▸ **Exercise**
Give again exactly, and only, the lines between the line holding "signed and unsigned." and the end of the listing, both boundary lines included.

▸ **Material for this task**
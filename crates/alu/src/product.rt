// Products of two words: the low half, and the high half signed and unsigned.
ghost use Rattle.std.specs.Prelude.{◌≡◌, if◌then◌else◌};
ghost use Rattle.isa.specs.declared.instruction.BinaryOp.TheVariants.{Mullo, Mulhi, Mulhu};
ghost use Rattle.twos_complement.specs.Word.{negative};
ghost use Rattle.alu.specs.Binary.{binary};

pub fn mullo(x: u32, y: u32) -> u32
    ensures { result ≡ binary Mullo x y }
{
    x.wrapping_mul(y)
}

pub fn mulhu(x: u32, y: u32) -> u32
    ensures { result ≡ binary Mulhu x y }
{
    (u64::from(x) * u64::from(y) / 4294967296) as u32
}

// What the signed high half lacks of the unsigned one for the sign of x: x is then 2^32 too large.
fn excess(x: u32, y: u32) -> u32
    ensures { result ≡ (if negative 32 x then y else 0) }
{
    if 2147483648 <= x { y } else { 0 }
}

// By the unsigned half: a product of two i64 would be cut back to a word by hand.
pub fn mulhi(x: u32, y: u32) -> u32
    ensures { result ≡ binary Mulhi x y }
{
    mulhu(x, y)
        .wrapping_sub(excess(x, y))
        .wrapping_sub(excess(y, x))
}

▸ **Completed exercise**
// Products of two words: the low half, and the high half signed and unsigned.
ghost use Rattle.std.specs.Prelude.{◌≡◌, if◌then◌else◌};
ghost use Rattle.isa.specs.declared.instruction.BinaryOp.TheVariants.{Mullo, Mulhi, Mulhu};
ghost use Rattle.twos_complement.specs.Word.{negative};
ghost use Rattle.alu.specs.Binary.{binary};

pub fn mullo(x: u32, y: u32) -> u32
    ensures { result ≡ binary Mullo x y }
{
    x.wrapping_mul(y)
}

pub fn mulhu(x: u32, y: u32) -> u32
    ensures { result ≡ binary Mulhu x y }
{
    (u64::from(x) * u64::from(y) / 4294967296) as u32
}

// What the signed high half lacks of the unsigned one for the sign of x: x is then 2^32 too large.
fn excess(x: u32, y: u32) -> u32
    ensures { result ≡ (if negative 32 x then y else 0) }
{
    if 2147483648 <= x { y } else { 0 }
}

// By the unsigned half: a product of two i64 would be cut back to a word by hand.
pub fn mulhi(x: u32, y: u32) -> u32
    ensures { result ≡ binary Mulhi x y }
{
    mulhu(x, y)
        .wrapping_sub(excess(x, y))
        .wrapping_sub(excess(y, x))
}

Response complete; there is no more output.